- _The task_:
Report only how many lines below include "lower".

- _Material for the task_:
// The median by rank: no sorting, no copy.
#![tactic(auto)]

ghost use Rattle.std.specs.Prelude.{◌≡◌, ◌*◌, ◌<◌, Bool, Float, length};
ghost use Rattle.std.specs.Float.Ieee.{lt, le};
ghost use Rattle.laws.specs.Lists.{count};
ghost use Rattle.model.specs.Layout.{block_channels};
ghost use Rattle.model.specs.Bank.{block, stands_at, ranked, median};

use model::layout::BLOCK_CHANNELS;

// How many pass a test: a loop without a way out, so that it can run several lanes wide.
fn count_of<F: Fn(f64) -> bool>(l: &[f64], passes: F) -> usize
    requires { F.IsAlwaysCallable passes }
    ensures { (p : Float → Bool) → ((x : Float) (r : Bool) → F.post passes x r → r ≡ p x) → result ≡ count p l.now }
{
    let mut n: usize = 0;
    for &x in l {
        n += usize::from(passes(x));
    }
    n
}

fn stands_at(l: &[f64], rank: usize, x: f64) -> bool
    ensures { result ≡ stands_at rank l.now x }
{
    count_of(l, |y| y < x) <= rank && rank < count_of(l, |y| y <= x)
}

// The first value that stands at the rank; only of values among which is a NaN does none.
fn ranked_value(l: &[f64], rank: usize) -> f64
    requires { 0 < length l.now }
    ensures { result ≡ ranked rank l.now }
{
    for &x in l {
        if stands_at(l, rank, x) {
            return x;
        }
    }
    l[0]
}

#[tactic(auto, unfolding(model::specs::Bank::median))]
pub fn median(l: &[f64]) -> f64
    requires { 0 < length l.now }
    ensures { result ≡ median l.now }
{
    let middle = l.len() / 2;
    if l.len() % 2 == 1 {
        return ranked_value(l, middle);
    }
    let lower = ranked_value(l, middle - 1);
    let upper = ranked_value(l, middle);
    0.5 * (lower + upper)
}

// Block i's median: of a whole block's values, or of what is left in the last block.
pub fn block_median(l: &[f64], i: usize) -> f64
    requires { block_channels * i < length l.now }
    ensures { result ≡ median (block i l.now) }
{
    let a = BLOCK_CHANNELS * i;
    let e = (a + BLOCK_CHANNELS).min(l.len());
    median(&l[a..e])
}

...

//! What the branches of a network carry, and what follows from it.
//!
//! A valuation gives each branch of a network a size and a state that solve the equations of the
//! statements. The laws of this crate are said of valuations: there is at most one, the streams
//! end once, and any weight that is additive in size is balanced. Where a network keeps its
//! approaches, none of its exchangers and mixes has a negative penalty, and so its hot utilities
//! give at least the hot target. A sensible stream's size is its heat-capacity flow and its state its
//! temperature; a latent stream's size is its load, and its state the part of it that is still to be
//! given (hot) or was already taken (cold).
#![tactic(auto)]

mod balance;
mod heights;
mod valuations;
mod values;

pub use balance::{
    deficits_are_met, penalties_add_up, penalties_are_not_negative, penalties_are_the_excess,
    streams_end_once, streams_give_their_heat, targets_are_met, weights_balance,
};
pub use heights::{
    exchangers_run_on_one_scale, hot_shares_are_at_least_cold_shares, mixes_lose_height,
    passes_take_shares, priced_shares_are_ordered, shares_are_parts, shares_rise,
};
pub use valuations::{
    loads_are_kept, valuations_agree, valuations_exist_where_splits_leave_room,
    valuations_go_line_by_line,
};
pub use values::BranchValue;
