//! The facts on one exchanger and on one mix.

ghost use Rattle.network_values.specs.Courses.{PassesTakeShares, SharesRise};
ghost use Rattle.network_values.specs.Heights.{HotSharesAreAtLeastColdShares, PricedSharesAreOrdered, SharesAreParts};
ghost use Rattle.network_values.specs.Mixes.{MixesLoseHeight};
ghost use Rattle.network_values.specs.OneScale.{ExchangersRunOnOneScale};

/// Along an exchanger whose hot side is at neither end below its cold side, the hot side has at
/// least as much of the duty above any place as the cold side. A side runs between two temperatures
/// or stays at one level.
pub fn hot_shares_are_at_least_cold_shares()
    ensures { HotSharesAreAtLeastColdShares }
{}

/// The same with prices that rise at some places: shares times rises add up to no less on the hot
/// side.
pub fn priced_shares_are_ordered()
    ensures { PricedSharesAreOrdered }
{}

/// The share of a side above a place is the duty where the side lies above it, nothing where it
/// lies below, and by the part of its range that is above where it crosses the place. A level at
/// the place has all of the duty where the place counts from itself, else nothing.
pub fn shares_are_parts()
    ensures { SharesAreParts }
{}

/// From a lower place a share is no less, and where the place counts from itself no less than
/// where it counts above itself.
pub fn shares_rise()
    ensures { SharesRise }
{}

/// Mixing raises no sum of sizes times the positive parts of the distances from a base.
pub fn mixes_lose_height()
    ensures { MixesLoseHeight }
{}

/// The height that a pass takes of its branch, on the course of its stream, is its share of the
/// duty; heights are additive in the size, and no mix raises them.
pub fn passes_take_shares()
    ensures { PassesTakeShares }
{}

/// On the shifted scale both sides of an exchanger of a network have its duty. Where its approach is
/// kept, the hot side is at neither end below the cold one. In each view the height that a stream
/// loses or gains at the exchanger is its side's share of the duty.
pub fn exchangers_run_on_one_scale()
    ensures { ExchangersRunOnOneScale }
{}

- _Result_:
3